Set down exactly the lines in the records below that run from the line with "q; tapa::stream<uint64_t> r;" to the line with "const CROSSING_STOPS: &str", inclusive, and nothing more.

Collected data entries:
━━━━━━━━━━━━━━━━

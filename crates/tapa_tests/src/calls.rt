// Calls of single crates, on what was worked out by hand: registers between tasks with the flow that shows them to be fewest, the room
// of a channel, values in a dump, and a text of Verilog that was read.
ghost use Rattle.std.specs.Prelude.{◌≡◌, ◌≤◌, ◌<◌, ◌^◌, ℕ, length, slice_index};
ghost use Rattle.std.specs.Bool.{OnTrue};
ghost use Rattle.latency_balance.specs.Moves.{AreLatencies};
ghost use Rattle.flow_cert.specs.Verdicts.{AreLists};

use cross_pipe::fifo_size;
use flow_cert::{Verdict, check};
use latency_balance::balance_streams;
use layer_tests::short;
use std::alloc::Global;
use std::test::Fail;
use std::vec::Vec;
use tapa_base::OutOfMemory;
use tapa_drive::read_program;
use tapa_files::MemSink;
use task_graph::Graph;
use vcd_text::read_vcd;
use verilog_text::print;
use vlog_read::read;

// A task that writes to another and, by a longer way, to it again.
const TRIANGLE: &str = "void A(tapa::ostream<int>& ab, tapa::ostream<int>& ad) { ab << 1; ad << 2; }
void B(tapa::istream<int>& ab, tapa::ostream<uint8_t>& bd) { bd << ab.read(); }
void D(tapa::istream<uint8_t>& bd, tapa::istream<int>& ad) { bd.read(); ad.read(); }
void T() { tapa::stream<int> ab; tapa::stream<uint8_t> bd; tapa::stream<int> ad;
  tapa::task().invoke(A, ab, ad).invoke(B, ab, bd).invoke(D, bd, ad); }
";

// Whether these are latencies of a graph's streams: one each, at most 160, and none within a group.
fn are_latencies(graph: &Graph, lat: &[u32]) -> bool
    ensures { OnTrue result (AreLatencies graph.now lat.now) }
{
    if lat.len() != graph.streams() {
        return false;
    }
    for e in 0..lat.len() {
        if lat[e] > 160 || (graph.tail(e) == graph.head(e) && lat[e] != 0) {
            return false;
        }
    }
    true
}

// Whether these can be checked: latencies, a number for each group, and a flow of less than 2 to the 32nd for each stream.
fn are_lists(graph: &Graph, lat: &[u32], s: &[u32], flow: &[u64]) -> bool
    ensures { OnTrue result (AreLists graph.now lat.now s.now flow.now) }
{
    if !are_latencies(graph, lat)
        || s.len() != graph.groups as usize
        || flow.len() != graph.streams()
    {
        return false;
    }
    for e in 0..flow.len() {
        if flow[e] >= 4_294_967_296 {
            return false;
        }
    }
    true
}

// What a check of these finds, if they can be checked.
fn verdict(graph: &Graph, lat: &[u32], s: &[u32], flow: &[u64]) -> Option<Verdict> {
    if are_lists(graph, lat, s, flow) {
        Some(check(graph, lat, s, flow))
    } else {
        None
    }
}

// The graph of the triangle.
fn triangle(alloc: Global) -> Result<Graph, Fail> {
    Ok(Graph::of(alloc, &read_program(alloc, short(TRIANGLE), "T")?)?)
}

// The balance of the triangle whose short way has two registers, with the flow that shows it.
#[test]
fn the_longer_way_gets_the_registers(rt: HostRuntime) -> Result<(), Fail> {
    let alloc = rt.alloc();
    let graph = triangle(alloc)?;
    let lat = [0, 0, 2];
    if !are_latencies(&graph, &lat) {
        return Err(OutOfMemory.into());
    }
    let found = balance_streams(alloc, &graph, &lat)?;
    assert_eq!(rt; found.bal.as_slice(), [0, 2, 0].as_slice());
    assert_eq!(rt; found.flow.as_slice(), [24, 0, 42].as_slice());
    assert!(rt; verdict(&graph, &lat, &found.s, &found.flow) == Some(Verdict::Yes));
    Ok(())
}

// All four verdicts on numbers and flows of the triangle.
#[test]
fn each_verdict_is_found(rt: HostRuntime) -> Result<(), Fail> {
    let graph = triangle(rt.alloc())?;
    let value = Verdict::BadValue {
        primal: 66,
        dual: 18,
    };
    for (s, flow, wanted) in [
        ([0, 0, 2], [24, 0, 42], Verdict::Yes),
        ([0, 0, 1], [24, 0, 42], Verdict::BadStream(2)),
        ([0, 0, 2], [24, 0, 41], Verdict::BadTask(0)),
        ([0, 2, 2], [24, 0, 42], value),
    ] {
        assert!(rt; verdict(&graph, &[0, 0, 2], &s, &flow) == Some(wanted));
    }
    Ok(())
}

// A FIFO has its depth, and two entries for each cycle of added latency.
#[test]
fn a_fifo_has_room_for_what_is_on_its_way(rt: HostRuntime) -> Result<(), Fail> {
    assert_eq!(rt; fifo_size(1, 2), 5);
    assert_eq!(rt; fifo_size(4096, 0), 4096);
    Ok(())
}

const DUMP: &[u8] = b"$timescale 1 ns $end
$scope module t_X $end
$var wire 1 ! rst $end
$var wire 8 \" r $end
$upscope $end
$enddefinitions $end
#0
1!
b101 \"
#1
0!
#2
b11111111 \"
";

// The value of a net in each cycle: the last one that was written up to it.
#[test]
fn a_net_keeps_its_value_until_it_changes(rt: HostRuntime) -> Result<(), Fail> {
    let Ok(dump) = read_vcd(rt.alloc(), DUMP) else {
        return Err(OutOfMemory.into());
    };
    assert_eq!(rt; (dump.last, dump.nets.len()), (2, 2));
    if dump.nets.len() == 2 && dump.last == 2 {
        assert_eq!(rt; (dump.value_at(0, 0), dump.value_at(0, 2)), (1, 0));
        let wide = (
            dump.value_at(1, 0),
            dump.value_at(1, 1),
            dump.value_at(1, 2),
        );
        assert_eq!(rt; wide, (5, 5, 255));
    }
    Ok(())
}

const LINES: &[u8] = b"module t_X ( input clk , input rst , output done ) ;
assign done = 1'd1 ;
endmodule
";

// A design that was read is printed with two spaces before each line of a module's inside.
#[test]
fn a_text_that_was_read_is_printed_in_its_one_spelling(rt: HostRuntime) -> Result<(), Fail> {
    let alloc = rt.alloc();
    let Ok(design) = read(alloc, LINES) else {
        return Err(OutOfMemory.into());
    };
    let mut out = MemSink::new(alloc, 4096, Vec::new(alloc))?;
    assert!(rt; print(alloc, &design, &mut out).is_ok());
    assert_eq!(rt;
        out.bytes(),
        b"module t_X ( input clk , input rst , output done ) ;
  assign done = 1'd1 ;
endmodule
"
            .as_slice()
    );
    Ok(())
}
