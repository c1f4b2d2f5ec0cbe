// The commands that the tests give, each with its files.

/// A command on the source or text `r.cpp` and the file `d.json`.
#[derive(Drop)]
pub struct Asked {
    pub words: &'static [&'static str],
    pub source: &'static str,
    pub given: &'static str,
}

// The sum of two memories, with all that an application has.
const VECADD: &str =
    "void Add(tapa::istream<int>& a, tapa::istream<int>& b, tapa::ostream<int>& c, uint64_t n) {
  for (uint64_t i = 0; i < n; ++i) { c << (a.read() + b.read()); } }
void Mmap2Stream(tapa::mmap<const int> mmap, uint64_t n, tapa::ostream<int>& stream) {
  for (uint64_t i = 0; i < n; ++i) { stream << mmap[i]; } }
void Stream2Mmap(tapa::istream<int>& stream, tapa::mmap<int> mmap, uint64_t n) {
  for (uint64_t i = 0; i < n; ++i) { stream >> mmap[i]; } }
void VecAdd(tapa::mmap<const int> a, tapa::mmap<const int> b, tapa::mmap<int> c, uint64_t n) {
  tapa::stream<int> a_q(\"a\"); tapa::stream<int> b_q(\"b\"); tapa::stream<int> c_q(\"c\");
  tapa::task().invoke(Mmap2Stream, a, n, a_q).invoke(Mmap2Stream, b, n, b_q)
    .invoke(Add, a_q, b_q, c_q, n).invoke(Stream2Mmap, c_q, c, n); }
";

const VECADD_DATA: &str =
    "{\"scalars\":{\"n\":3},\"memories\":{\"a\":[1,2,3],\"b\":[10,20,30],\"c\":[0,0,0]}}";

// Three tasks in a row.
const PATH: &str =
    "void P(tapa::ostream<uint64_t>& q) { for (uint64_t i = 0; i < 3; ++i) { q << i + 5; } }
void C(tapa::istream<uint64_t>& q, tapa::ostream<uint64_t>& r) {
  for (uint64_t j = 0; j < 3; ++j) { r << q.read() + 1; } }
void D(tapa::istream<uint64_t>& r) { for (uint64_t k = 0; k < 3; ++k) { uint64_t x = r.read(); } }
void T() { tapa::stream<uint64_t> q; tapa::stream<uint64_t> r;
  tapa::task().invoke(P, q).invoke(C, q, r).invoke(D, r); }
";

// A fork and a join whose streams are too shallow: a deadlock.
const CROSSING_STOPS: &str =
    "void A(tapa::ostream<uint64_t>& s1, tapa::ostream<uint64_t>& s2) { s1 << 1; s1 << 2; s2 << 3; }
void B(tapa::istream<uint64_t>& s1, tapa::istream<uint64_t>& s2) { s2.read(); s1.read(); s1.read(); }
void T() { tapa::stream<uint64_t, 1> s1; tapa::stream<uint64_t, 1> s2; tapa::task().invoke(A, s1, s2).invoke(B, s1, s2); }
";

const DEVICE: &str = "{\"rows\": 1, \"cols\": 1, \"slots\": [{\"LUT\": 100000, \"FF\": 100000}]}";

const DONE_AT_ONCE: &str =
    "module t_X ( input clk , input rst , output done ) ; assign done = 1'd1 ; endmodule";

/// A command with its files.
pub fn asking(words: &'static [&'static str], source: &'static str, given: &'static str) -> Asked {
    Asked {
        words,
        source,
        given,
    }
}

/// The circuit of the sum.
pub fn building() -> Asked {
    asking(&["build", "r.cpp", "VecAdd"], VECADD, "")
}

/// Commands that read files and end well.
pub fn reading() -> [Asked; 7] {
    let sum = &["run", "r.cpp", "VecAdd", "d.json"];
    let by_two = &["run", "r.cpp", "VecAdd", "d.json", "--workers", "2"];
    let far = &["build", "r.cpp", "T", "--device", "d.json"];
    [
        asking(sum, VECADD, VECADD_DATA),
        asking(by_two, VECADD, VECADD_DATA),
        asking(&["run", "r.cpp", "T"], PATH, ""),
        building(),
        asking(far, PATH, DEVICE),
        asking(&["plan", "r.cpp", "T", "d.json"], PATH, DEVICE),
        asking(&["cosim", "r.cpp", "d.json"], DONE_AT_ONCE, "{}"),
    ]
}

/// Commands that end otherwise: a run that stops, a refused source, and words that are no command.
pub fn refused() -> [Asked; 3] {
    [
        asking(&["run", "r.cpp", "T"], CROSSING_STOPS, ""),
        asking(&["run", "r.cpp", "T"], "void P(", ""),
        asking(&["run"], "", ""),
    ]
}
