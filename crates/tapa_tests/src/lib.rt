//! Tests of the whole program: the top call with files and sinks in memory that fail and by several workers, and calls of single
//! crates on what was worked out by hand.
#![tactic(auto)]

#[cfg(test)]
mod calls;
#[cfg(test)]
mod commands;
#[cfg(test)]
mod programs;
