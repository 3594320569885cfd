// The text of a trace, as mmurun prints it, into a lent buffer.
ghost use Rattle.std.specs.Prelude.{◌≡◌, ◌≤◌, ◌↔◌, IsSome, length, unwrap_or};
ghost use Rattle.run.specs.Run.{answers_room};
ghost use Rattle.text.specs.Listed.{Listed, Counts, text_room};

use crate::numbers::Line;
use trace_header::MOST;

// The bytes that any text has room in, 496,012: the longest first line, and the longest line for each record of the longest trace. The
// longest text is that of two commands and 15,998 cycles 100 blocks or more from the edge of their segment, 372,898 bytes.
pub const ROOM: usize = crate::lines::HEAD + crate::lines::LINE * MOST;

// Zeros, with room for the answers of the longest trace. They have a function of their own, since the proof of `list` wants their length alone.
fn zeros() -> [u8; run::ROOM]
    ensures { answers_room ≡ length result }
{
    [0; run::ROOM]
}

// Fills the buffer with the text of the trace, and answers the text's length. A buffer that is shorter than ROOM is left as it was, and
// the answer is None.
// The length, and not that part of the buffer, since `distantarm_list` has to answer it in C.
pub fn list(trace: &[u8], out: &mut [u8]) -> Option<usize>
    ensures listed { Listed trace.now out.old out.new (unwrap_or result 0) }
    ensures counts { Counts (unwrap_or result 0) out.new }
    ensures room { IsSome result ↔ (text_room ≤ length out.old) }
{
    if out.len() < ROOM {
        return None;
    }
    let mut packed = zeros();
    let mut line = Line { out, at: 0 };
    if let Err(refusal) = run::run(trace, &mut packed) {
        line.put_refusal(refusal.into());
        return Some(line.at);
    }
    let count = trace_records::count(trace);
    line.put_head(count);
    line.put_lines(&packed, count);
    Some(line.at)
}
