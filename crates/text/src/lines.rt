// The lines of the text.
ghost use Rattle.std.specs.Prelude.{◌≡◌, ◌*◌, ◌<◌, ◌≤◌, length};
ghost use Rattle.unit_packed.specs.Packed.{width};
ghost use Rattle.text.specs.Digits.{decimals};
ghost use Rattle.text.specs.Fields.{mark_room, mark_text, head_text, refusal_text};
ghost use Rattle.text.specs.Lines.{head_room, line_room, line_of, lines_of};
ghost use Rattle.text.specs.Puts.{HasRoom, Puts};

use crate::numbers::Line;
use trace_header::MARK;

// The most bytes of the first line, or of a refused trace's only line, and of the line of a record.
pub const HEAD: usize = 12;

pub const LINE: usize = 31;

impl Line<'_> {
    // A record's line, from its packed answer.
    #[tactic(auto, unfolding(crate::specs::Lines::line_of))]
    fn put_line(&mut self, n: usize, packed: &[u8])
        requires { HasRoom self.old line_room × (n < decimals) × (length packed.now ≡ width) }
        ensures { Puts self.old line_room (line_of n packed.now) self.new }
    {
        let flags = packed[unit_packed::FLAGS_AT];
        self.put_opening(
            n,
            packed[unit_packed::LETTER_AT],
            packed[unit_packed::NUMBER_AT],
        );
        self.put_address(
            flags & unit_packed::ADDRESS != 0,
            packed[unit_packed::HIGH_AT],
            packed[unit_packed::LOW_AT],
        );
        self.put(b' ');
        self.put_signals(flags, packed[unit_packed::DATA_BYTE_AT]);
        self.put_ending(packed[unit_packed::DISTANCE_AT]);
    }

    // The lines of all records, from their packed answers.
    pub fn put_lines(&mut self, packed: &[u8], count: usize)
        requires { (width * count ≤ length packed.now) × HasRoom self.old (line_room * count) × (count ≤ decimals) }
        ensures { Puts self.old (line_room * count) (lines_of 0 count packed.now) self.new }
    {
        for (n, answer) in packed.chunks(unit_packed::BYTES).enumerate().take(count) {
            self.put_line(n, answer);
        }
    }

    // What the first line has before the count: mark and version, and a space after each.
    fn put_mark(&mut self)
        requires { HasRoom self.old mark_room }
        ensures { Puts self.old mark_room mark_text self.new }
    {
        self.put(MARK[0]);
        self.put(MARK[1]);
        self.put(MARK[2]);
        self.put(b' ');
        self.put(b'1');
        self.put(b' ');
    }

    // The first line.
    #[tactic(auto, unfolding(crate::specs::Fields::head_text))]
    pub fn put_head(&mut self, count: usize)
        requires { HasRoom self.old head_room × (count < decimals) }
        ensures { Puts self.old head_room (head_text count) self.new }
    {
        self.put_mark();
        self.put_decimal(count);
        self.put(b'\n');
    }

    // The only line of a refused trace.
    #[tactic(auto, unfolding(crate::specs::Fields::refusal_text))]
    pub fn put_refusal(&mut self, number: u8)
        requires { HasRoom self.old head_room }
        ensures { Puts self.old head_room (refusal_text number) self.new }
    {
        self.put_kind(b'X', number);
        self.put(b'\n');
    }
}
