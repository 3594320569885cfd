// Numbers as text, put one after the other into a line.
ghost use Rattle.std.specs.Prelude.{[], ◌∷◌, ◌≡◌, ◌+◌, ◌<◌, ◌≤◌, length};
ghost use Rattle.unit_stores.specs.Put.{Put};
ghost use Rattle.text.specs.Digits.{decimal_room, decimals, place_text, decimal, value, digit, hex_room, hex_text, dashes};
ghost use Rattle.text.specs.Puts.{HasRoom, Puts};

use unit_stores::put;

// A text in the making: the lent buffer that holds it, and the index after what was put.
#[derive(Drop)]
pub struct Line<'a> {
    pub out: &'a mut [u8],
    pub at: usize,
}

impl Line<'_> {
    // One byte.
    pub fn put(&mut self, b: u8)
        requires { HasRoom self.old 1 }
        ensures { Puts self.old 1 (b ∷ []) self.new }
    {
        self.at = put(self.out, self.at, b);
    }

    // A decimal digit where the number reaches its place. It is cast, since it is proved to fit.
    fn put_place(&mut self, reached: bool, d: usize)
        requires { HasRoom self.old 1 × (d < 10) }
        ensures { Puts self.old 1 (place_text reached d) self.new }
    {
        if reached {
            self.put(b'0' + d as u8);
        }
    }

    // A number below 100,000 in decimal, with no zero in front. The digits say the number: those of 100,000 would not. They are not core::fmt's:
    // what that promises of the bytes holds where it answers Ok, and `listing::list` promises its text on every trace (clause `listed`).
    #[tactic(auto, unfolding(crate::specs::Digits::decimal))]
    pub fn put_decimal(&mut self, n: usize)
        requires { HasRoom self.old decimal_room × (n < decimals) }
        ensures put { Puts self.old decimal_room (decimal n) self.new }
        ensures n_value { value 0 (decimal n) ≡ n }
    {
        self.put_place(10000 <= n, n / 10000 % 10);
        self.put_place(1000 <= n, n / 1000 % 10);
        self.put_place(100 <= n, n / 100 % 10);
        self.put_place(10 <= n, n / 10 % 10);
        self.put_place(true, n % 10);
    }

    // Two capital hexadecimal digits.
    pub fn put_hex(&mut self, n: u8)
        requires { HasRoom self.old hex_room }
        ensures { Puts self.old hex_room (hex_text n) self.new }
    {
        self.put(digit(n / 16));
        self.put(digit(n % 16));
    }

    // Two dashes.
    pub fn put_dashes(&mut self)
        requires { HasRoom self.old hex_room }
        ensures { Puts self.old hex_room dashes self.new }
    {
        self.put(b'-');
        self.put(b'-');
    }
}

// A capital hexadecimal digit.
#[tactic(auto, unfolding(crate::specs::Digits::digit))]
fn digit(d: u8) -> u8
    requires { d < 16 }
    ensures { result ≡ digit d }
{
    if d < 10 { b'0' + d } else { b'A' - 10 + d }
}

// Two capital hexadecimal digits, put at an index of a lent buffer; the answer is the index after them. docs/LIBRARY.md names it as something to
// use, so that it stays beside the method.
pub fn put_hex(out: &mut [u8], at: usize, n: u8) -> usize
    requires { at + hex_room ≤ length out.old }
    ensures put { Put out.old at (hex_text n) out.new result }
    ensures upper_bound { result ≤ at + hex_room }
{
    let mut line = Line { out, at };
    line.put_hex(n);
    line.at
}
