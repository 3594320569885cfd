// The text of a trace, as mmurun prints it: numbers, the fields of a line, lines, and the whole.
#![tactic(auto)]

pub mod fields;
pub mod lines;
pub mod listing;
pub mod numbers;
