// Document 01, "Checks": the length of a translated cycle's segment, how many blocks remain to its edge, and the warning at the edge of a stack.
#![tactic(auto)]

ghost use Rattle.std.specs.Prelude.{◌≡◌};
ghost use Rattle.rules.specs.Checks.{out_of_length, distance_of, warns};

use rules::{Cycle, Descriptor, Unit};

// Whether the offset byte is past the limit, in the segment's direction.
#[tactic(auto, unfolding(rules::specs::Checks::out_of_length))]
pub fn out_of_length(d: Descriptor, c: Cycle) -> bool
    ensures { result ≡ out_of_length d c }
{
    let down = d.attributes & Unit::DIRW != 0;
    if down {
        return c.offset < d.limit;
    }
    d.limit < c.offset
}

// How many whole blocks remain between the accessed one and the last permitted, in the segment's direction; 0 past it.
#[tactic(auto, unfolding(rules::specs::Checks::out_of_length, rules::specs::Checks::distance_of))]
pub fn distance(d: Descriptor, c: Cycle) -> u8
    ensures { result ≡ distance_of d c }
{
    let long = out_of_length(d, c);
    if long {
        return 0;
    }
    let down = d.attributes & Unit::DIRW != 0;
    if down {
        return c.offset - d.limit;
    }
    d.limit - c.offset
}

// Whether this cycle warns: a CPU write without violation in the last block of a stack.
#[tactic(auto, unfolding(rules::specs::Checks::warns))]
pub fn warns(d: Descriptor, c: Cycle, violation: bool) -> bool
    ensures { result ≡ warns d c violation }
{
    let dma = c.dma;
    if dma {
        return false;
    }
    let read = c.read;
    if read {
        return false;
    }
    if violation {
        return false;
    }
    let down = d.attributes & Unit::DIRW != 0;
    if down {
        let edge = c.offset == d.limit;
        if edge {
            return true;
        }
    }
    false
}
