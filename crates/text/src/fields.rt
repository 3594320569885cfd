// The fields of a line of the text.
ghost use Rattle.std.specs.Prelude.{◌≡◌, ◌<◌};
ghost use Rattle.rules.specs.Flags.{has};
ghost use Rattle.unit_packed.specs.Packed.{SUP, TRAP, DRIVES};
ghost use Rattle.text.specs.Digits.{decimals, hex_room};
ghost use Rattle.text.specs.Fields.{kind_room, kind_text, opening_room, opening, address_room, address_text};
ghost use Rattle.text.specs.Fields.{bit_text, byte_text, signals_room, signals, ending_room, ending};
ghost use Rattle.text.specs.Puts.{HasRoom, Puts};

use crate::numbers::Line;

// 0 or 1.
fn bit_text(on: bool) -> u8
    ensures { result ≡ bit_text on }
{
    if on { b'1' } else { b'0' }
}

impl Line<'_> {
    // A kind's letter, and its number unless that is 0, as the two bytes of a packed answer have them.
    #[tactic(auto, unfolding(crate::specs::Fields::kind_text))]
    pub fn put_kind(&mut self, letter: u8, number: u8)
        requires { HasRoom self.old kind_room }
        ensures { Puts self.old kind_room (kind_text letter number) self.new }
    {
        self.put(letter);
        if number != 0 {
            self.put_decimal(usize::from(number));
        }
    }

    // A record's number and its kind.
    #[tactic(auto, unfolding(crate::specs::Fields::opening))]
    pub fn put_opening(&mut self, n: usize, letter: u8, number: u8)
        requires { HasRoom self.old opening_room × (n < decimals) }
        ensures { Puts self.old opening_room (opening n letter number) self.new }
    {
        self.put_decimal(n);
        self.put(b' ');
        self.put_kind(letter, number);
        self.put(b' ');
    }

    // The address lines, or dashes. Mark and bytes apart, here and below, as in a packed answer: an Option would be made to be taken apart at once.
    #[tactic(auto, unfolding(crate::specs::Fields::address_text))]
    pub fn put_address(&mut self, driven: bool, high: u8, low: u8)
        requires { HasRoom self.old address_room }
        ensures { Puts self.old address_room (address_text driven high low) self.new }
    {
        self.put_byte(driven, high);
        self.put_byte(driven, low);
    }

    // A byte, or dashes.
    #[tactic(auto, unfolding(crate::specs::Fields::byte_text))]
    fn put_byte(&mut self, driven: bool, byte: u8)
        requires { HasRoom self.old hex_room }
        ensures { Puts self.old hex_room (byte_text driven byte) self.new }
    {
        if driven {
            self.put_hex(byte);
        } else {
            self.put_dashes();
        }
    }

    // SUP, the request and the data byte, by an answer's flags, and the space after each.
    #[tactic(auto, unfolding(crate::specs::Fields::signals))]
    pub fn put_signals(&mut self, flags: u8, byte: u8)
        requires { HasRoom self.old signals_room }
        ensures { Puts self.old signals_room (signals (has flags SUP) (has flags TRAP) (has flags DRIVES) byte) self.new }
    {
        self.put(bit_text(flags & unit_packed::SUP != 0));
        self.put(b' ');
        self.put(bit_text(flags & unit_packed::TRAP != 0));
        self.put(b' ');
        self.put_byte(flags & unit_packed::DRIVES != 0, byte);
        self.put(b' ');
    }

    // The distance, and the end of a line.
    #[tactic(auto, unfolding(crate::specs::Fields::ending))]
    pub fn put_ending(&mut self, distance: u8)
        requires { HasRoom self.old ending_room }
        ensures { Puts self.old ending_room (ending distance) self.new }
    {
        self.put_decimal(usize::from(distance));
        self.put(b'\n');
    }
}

━━━━━━━━━━━━━━━━

Task answer:
void T() { tapa::stream<uint64_t> q; tapa::stream<uint64_t> r;
  tapa::task().invoke(P, q).invoke(C, q, r).invoke(D, r); }
";

// A fork and a join whose streams are too shallow: a deadlock.
const CROSSING_STOPS: &str =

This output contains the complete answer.